In the United States, Amyotrophic Lateral Sclerosis (ALS) is commonly known as Lou Gehrig’s disease, named after the legendary Yankees baseball player who died from ALS in 1941. In the United Kingdom and other parts of the world, ALS is often called Motor Neurone Disease (MND). In many countries where Spanish is spoken, it is called Esclerosis Lateral Amiotrófica (ELA).

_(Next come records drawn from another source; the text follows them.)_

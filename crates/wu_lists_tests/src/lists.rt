//! What is fetched of the lists of parts over a store in memory.
ghost use Rattle.std.specs.Prelude.{◌+◌, ◌≤◌, All};
ghost use Rattle.wu_base.specs.declared.limits.TheConstants.{ADDRESSES_MAX};
ghost use Rattle.wu_base.specs.Ranges.{AreApart};

use std::alloc::Global;
use wu_base::{Range, Trouble};
use wu_lists::{Lists, Tally, count_of};
use wu_outside::{Fault, MemStore, ReadRange, Store};
use wu_part::Directory;
use wu_part_rows::directory_in;
use wu_rows::{NoAnswer, bytes, number, number_text, numbers, numbers_text, plain_text};
use wu_space_rows::ranges_of;

/// How many blocks are kept at the begin of a table.
const CAPACITY: usize = 16;

/// What the rows of a table are put to: a store, the directories of its parts, and what is kept of
/// these. A table begins with an empty store in which no call fails.
#[derive(Drop)]
pub struct Listed {
    store: MemStore,
    directories: Vec<(u64, Directory)>,
    lists: Lists,
}

impl Listed {
    /// An empty store in which no call fails, and neither directories nor kept blocks. Fails only
    /// where there is no memory.
    pub fn new(alloc: Global) -> Result<Listed, NoAnswer> {
        Ok(Listed {
            lists: Lists::new(alloc, CAPACITY)?,
            store: MemStore::new(alloc, Vec::new(alloc), u64::MAX),
            directories: Vec::new(alloc),
        })
    }

    /// The answer to the row.
    pub fn answer(&mut self, alloc: Global, fields: &[&str]) -> Result<String, NoAnswer> {
        let [call, arguments @ ..] = fields else {
            return Err(NoAnswer::BadRow);
        };
        match *call {
            "keep" => self.keep(alloc, arguments),
            "fail" => self.fail(alloc, arguments),
            "directory" => self.hold(alloc, arguments),
            "put" => self.put(alloc, arguments),
            "remove" => self.remove(alloc, arguments),
            "count" => self.counted(alloc, arguments),
            _ => {
                let before = self.store.reads().len();
                let asked = self.asked(alloc, call, arguments);
                with_ranges(asked, self.store.reads(), before)
            }
        }
    }

    /// Keeps so many blocks from now on, and none of those before.
    fn keep(&mut self, alloc: Global, arguments: &[&str]) -> Result<String, NoAnswer> {
        let [capacity] = arguments else {
            return Err(NoAnswer::BadRow);
        };
        let capacity = number(capacity)?.max(1);
        self.lists = Lists::new(alloc, capacity as usize)?;
        plain_text(alloc, "none kept")
    }

    /// Goes on with an empty store of which these calls fail.
    fn fail(&mut self, alloc: Global, arguments: &[&str]) -> Result<String, NoAnswer> {
        let [fails] = arguments else {
            return Err(NoAnswer::BadRow);
        };
        let fails = numbers(alloc, fails)?;
        self.store = MemStore::new(alloc, fails, u64::MAX);
        plain_text(alloc, "empty")
    }

    /// Holds the directory of a part, and gives the number of its terms.
    fn hold(&mut self, alloc: Global, arguments: &[&str]) -> Result<String, NoAnswer> {
        let [blob, part] = arguments else {
            return Err(NoAnswer::BadRow);
        };
        let blob = number(blob)?;
        let part = bytes(alloc, part)?;
        self.directories.retain(|held| held.0 != blob);
        let Some(directory) = directory_in(alloc, &part)? else {
            return Err(NoAnswer::BadRow);
        };
        let terms = directory.term_count() as u64;
        self.directories.push((blob, directory))?;
        number_text(alloc, terms)
    }

    /// How many addresses the part has of the term, by its directory.
    fn counted(&self, alloc: Global, arguments: &[&str]) -> Result<String, NoAnswer> {
        let [blob, term] = arguments else {
            return Err(NoAnswer::BadRow);
        };
        let term = bytes(alloc, term)?;
        match directory_at(&self.directories, number(blob)?) {
            Some(directory) => number_text(alloc, count_of(directory, &term)),
            None => Err(NoAnswer::BadRow),
        }
    }

    fn put(&mut self, alloc: Global, arguments: &[&str]) -> Result<String, NoAnswer> {
        let [blob, part] = arguments else {
            return Err(NoAnswer::BadRow);
        };
        let blob = number(blob)?;
        let part = bytes(alloc, part)?;
        outcome(alloc, self.store.put(blob, &part), "put")
    }

    fn remove(&mut self, alloc: Global, arguments: &[&str]) -> Result<String, NoAnswer> {
        let [blob] = arguments else {
            return Err(NoAnswer::BadRow);
        };
        outcome(alloc, self.store.remove(number(blob)?), "removed")
    }

    /// What is fetched of the term in the frames, or how much of it there is, or that it was
    /// touched there; or the trouble.
    fn asked(&mut self, alloc: Global, call: &str, arguments: &[&str]) -> Result<String, NoAnswer> {
        let [blob, term, frames] = arguments else {
            return Err(NoAnswer::BadRow);
        };
        let blob = number(blob)?;
        let term = bytes(alloc, term)?;
        let frames = ranges_of(alloc, frames)?;
        let Some(directory) = directory_at(&self.directories, blob) else {
            return Err(NoAnswer::BadRow);
        };
        let (lists, store) = (&mut self.lists, &mut self.store);
        match call {
            "fetch" => fetched(alloc, lists, store, (blob, directory), &term, &frames),
            "tally" => tallied(alloc, lists, store, (blob, directory), &term, &frames),
            "touch" => touched(alloc, lists, store, (blob, directory), &term, &frames),
            _ => Err(NoAnswer::BadRow),
        }
    }
}

/// What is fetched of the term in the frames from the part in that blob.
fn fetched(
    alloc: Global,
    lists: &mut Lists,
    store: &mut MemStore,
    part: (u64, &Directory),
    term: &[u8],
    frames: &[Range],
) -> Result<String, NoAnswer>
    requires apart { AreApart frames.now }
    requires bounded { All (λ frame. frame.start + frame.len ≤ ADDRESSES_MAX) frames.now }
{
    match lists.fetch(store, part.0, part.1, term, frames) {
        Ok(found) => numbers_text(alloc, found.as_slice()),
        Err(trouble) => trouble_text(alloc, trouble),
    }
}

/// How many addresses that are, and in how many of the frames.
fn tallied(
    alloc: Global,
    lists: &mut Lists,
    store: &mut MemStore,
    part: (u64, &Directory),
    term: &[u8],
    frames: &[Range],
) -> Result<String, NoAnswer>
    requires apart { AreApart frames.now }
    requires bounded { All (λ frame. frame.start + frame.len ≤ ADDRESSES_MAX) frames.now }
{
    let mut tally = Tally::new();
    match lists.tally_into(store, part.0, part.1, term, frames, &mut tally) {
        Ok(()) => tally_text(alloc, tally),
        Err(trouble) => trouble_text(alloc, trouble),
    }
}

/// The two numbers of a tally.
fn tally_text(alloc: Global, tally: Tally) -> Result<String, NoAnswer> {
    let hits = tally.hits;
    let frames = tally.frames;
    Ok(format!(in alloc; "{hits} in {frames}")?)
}

fn touched(
    alloc: Global,
    lists: &mut Lists,
    store: &mut MemStore,
    part: (u64, &Directory),
    term: &[u8],
    frames: &[Range],
) -> Result<String, NoAnswer>
    requires apart { AreApart frames.now }
    requires bounded { All (λ frame. frame.start + frame.len ≤ ADDRESSES_MAX) frames.now }
{
    match lists.touch(store, part.0, part.1, term, frames) {
        Ok(()) => plain_text(alloc, "touched"),
        Err(trouble) => trouble_text(alloc, trouble),
    }
}

/// The word where the change was done.
fn outcome(alloc: Global, done: Result<(), Fault>, word: &str) -> Result<String, NoAnswer> {
    match done {
        Ok(()) => plain_text(alloc, word),
        Err(_) => plain_text(alloc, "failed"),
    }
}

/// The directory of the part in that blob.
fn directory_at(directories: &[(u64, Directory)], blob: u64) -> Option<&Directory> {
    for (number, directory) in directories {
        if *number == blob {
            return Some(directory);
        }
    }
    None
}

fn trouble_text(alloc: Global, trouble: Trouble) -> Result<String, NoAnswer> {
    match trouble {
        Trouble::Damaged { blob } => Ok(format!(in alloc; "damaged {blob}")?),
        Trouble::StoreFault => plain_text(alloc, "store fault"),
        Trouble::NoMemory => Err(NoAnswer::NoMemory),
    }
}

/// The text with the ranges that were read since, each as a blob, a place and a length.
fn with_ranges(
    text: Result<String, NoAnswer>,
    ranges: &[ReadRange],
    before: usize,
) -> Result<String, NoAnswer> {
    let mut text = text?;
    for range in ranges.iter().skip(before) {
        let blob = range.blob;
        let at = range.at;
        let len = range.len;
        write!(text, " {blob}:{at}+{len}")?;
    }
    Ok(text)
}
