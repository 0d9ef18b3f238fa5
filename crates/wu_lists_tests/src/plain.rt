//! A space beside a plain list of the live ranges, changed at random.
use std::alloc::Global;
use wu_base::{Ino, Range};
use wu_rows::NoAnswer;
use wu_space::Space;

/// After how many of so many random changes the space tells what the plain list does.
pub fn agreed(alloc: Global, seed: u64, steps: u64) -> Result<u64, NoAnswer> {
    let mut space = Space::new(alloc, 0);
    agreed_of(alloc, &mut space, seed, steps)
}

fn agreed_of(alloc: Global, space: &mut Space, seed: u64, steps: u64) -> Result<u64, NoAnswer> {
    let mut live = Vec::new(alloc);
    let mut state = seed;
    let mut agreed: u64 = 0;
    for _ in 0..steps {
        state = drawn(state);
        change(
            space,
            &mut live,
            (state >> 33) as u32 % 50,
            1 + (state >> 40) % 9,
        )?;
        let low = (state >> 20) % (space.next().saturating_add(3));
        let agrees = tells(
            alloc,
            space,
            live.as_slice(),
            low,
            low.saturating_add(state % 40),
        )?;
        agreed = agreed.saturating_add(u64::from(agrees));
    }
    Ok(agreed)
}

/// The next number of a linear congruential generator, with Knuth's constants.
fn drawn(state: u64) -> u64 {
    state
        .wrapping_mul(6_364_136_223_846_793_005)
        .wrapping_add(1_442_695_040_888_963_407)
}

/// Releases the file's range where it has one, and else gives it one.
fn change(
    space: &mut Space,
    live: &mut Vec<(Ino, Range)>,
    ino: Ino,
    len: u64,
) -> Result<(), NoAnswer> {
    if space.range_of(ino).is_some() {
        space.release(ino);
        live.retain(|file| file.0 != ino);
        return Ok(());
    }
    if len == 0 || len > 1000 || space.next() > 1_000_000_000 {
        return Err(NoAnswer::BadRow);
    }
    let range = space.place(ino, len)?;
    live.push((ino, range))?;
    Ok(())
}

/// Whether the space, and the one that is rebuilt from the list, tell what the list does.
fn tells(
    alloc: Global,
    space: &Space,
    live: &[(Ino, Range)],
    low: u64,
    high: u64,
) -> Result<bool, NoAnswer> {
    match Space::rebuild(alloc, space.next(), live)? {
        Some(rebuilt) => tell_both(space, &rebuilt, live, low, high),
        None => Ok(false),
    }
}

fn tell_both(
    space: &Space,
    rebuilt: &Space,
    live: &[(Ino, Range)],
    low: u64,
    high: u64,
) -> Result<bool, NoAnswer> {
    Ok(tells_all(space, live, low, high)? && tells_all(rebuilt, live, low, high)?)
}

fn tells_all(space: &Space, live: &[(Ino, Range)], low: u64, high: u64) -> Result<bool, NoAnswer> {
    Ok(
        tells_owner(space, live, low)
            && tells_counts(space, live, low, high)
            && tells_ranges(space, live, low, high)?,
    )
}

fn tells_owner(space: &Space, live: &[(Ino, Range)], address: u64) -> bool {
    let mut owner = None;
    for (ino, range) in live {
        if shared(range, address, address) > 0 {
            owner = Some((*ino, address.saturating_sub(range.start)));
        }
    }
    match (space.owner_at(address), owner) {
        (Some((ino, offset)), Some((other, place))) => ino == other && offset == place,
        (None, None) => true,
        _ => false,
    }
}

fn tells_counts(space: &Space, live: &[(Ino, Range)], low: u64, high: u64) -> bool {
    let mut total: u64 = 0;
    let mut between: u64 = 0;
    for (_, range) in live {
        total = total.saturating_add(range.len);
        between = between.saturating_add(shared(range, low, high));
    }
    space.live_total() == total && space.live_in(low, high) == between
}

/// Files are given ascending addresses, so the list has the ranges in their order.
fn tells_ranges(
    space: &Space,
    live: &[(Ino, Range)],
    low: u64,
    high: u64,
) -> Result<bool, NoAnswer> {
    let found = space.live_ranges(low, high)?;
    let mut count: usize = 0;
    for (_, range) in live {
        if shared(range, low, high) > 0 {
            match found.as_slice().get(count) {
                Some(other) if other.start == range.start && other.len == range.len => {}
                _ => return Ok(false),
            }
            count = count.saturating_add(1);
        }
    }
    Ok(count == found.len())
}

/// How many addresses of the range lie from `low` to `high`.
fn shared(range: &Range, low: u64, high: u64) -> u64 {
    let end = range
        .start
        .saturating_add(range.len)
        .min(high.saturating_add(1));
    end.saturating_sub(range.start.max(low))
}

ALS/MND is a group of related neurodegenerative diseases that cause the neurons in the brain, brain stem and spinal cord to degenerate and die, which leads to muscle weakness, paralysis, and death. Individuals affected by ALS/MND may ultimately lose the ability to initiate and control all voluntary movement, although bladder and bowel function and the muscles responsible for eye movement are usually spared until the final stages of the disease. Although the disease does not usually impair a person's mind or personality, several recent studies suggest that some people with ALS/MND may develop cognitive problems involving word fluency, decision-making, and memory.
The name amyotrophic lateral sclerosis is Greek in origin. “A” means "no" or "negative," “myo” translates to “muscle”, and “trophic” refers to “nourishment”. So, amyotrophic means “no muscle nourishment”. "Lateral" refers to the places in a person's spinal cord where portions of the nerve cells that signal and control the muscles are located. As this area degenerates it leads to scarring or hardening ("sclerosis") in the region.
Who Suffers from ALS/MND? They are our brothers and sisters, our fathers and mothers, husbands and wives, our children, best friends and those we have yet to meet. Unfortunately, as we know from personal experience, ALS can strike anyone.
ALS/MND is typically fatal within 2-5 years of diagnosis, but about 10 percent of individuals survive for 10 or more years. Every 90 minutes ALS/MND claims another life. Every time someone dies, another person is diagnosed with ALS/MND.